Mary Frances Ronalds RRC DStJ (née Carter; August 23, 1839 – July 28, 1916) was an American socialite and amateur singer who is best known for her long affair with the composer Arthur Sullivan in London in the last decades of the nineteenth century and for her musical salons.

Ronalds moved with her husband and children from New York to Paris in 1864, but the two separated in 1868. She took her children to Tunis in 1869, and eventually to London in 1875. She was accepted into royal social circles and was a popular hostess. A noted beauty, she became romantically involved with Arthur Sullivan during the 1870s and continued as his companion until his death in 1900. She was much admired as a singer and became associated with one of Sullivan's most popular songs, "The Lost Chord".

==Early life==
Ronalds, generally called "Fanny", was born in New York City and raised in Boston, Massachusetts, the daughter of Joseph Ballard Carter (1813–1889) and his wife, Mary (née Chamberlain) Carter (died 1898). In the mid-1850s, showing a talent for singing, she travelled to Italy to take singing lessons. In 1859 at age twenty, she married Pierre Lorillard Ronalds (grandson of Pierre Lorillard II), a dozen years her senior, a New Yorker called by The New York Times, "The Father of American Coaching". She quickly became a noted socialite and hostess. At one magnificent ball that she gave in the early 1860s, Ronalds famously appeared dressed "as Music, in a white satin gown embroidered with bars from Verdi's Un ballo in maschera", wearing a harp-shaped, illuminated crown. From 1860 to 1862 the couple lived in Paris, and from 1862 to 1864 in New York. The Ronalds had four children. A contemporary account described Fanny Ronalds as follows: "Her face was perfectly divine in its loveliness, her features small and exquisitely regular. Her hair was a dark shade of brown - châtain foncé [deep chestnut] - and very abundant... a lovely woman, with the most generous smile one could possibly imagine, and the most beautiful teeth."

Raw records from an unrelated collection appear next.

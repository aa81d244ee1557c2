//! What the desk looks up in its store.
ghost use Rattle.std.specs.Prelude.{◌≡◌, true, false, IfOk, IfErr};
ghost use Rattle.rtgs_book.specs.declared.book.Book.{Book};
ghost use Rattle.rtgs_book.specs.Lookup.{order_named, posting_named};
ghost use Rattle.rtgs_book.specs.cores.Cores.{found_for};
ghost use Rattle.rtgs_desk.specs.Holding.{Holds};
ghost use Rattle.rtgs_desk.specs.LookUps.{LooksUp, refusal_of};
ghost use Rattle.rtgs_desk.specs.Replies.{is_looked_up};
ghost use Rattle.rtgs_statements.specs.Reads.{refused_by};

use super::Desk;
use rtgs_book::{Command, Fault, Found, Order, Posting, Refusal};
use rtgs_keeper::Keeper;
use rtgs_money::{Code, Reference};

impl<K: Keeper> Desk<K> {
    /// What the command asks for: of an order and of a withdrawal the order of its name, of a posting that of its
    /// reference.
    pub(super) fn look_up(&mut self, command: &Command) -> Result<Found, Refusal>
        ensures looked { LooksUp K.Keeper self.old self.new (refused_by result) }
        ensures found { K.is_honest self.new.keeper → (book : Book) → Holds K.Keeper self.old book
            → IfOk result (λ found. found ≡ found_for book command.now) }
        ensures nothing { is_looked_up command.now ≡ false → self.new ≡ self.old }
        ensures freely { is_looked_up command.now ≡ false → IfErr result (λ refusal. refusal ≡ Refusal.Failed) }
    {
        if self.failed {
            return Err(Refusal::Failed);
        }
        let mut found = Found::NOTHING;
        match *command {
            Command::Order { sender, order } => {
                found.order = self.find_order(&sender, &order.reference)?;
            }
            Command::Withdraw { sender, reference } => {
                found.order = self.find_order(&sender, &reference)?;
            }
            Command::Post { reference, .. } => found.posting = self.find_posting(&reference)?,
            _ => {}
        }
        Ok(found)
    }

    /// The order that the sender gave this reference, where the book has one.
    pub(super) fn find_order(
        &mut self,
        sender: &Code,
        reference: &Reference,
    ) -> Result<Option<Order>, Refusal>
        ensures looked { LooksUp K.Keeper self.old self.new (refused_by result) }
        ensures found { K.is_honest self.new.keeper → (book : Book) → Holds K.Keeper self.old book
            → IfOk result (λ found. found ≡ order_named book sender.now reference.now) }
    {
        if self.failed {
            return Err(Refusal::Failed);
        }
        match self.keeper.find_order(sender, reference) {
            Ok(found) => Ok(found),
            Err(fault) => Err(refused(fault, &mut self.failed)),
        }
    }

    // The posting with this reference, where the book has one.
    fn find_posting(&mut self, reference: &Reference) -> Result<Option<Posting>, Refusal>
        ensures looked { LooksUp K.Keeper self.old self.new (refused_by result) }
        ensures found { K.is_honest self.new.keeper → (book : Book) → Holds K.Keeper self.old book
            → IfOk result (λ found. found ≡ posting_named book reference.now) }
    {
        if self.failed {
            return Err(Refusal::Failed);
        }
        match self.keeper.find_posting(reference) {
            Ok(found) => Ok(found),
            Err(fault) => Err(refused(fault, &mut self.failed)),
        }
    }
}

/// What is answered where the keeper meets this fault in a look-up. After a fault of the store the desk has failed.
pub(super) fn refused(fault: Fault, failed: &mut bool) -> Refusal
    ensures refusal { result ≡ refusal_of fault }
    ensures memory { fault ≡ Fault.OutOfMemory → failed.new ≡ failed.old }
    ensures fault { result ≡ Refusal.StoreFault → failed.new ≡ true }
{
    match fault {
        Fault::OutOfMemory => Refusal::OutOfMemory,
        Fault::StoreFault | Fault::NotADeskFile | Fault::Inconsistent { .. } => {
            *failed = true;
            Refusal::StoreFault
        }
    }
}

She developed a relationship with the wealthy Leonard Jerome (Winston Churchill's grandfather), a notorious womanizer, but somehow maintained a friendship with his wife and daughters, including Jennie Jerome, who remembered Ronalds singing them to sleep. She often visited their home in Newport, Rhode Island, and after Mrs. Jerome moved to Paris with her daughters, the Ronalds followed in 1864, taking their own children. In Paris, noted for her beauty and social talents, she joined the court circles of the pleasure-loving Empress Eugénie and Napoleon III. During a party, Napoleon rescued her after she fell into one of his ponds. She had met Arthur Sullivan in the early 1860s. According to The New York Times, she became the leader of the American community in Paris. Her husband was abusive, and in 1868, in the French courts, Ronalds obtained a legal separation from her husband, giving her control over their children.

Introduced by Napoleon and Eugénie to British society, she quickly became one of the many "friends" of the Prince of Wales (later King Edward VII) and was soon known for hosting fashionable musical entertainments and elegant soirées for artists, musicians and high society. With the faltering of the Second Empire as unrest grew in France, her opportunities there collapsed, and Ronalds moved with her children to Tunis in 1869. There she became a partner in a farm near Sidi Thabet with Ferdinand Veillet-Devaux, the Count de Sancy; after some legal troubles, the venture ended in 1874.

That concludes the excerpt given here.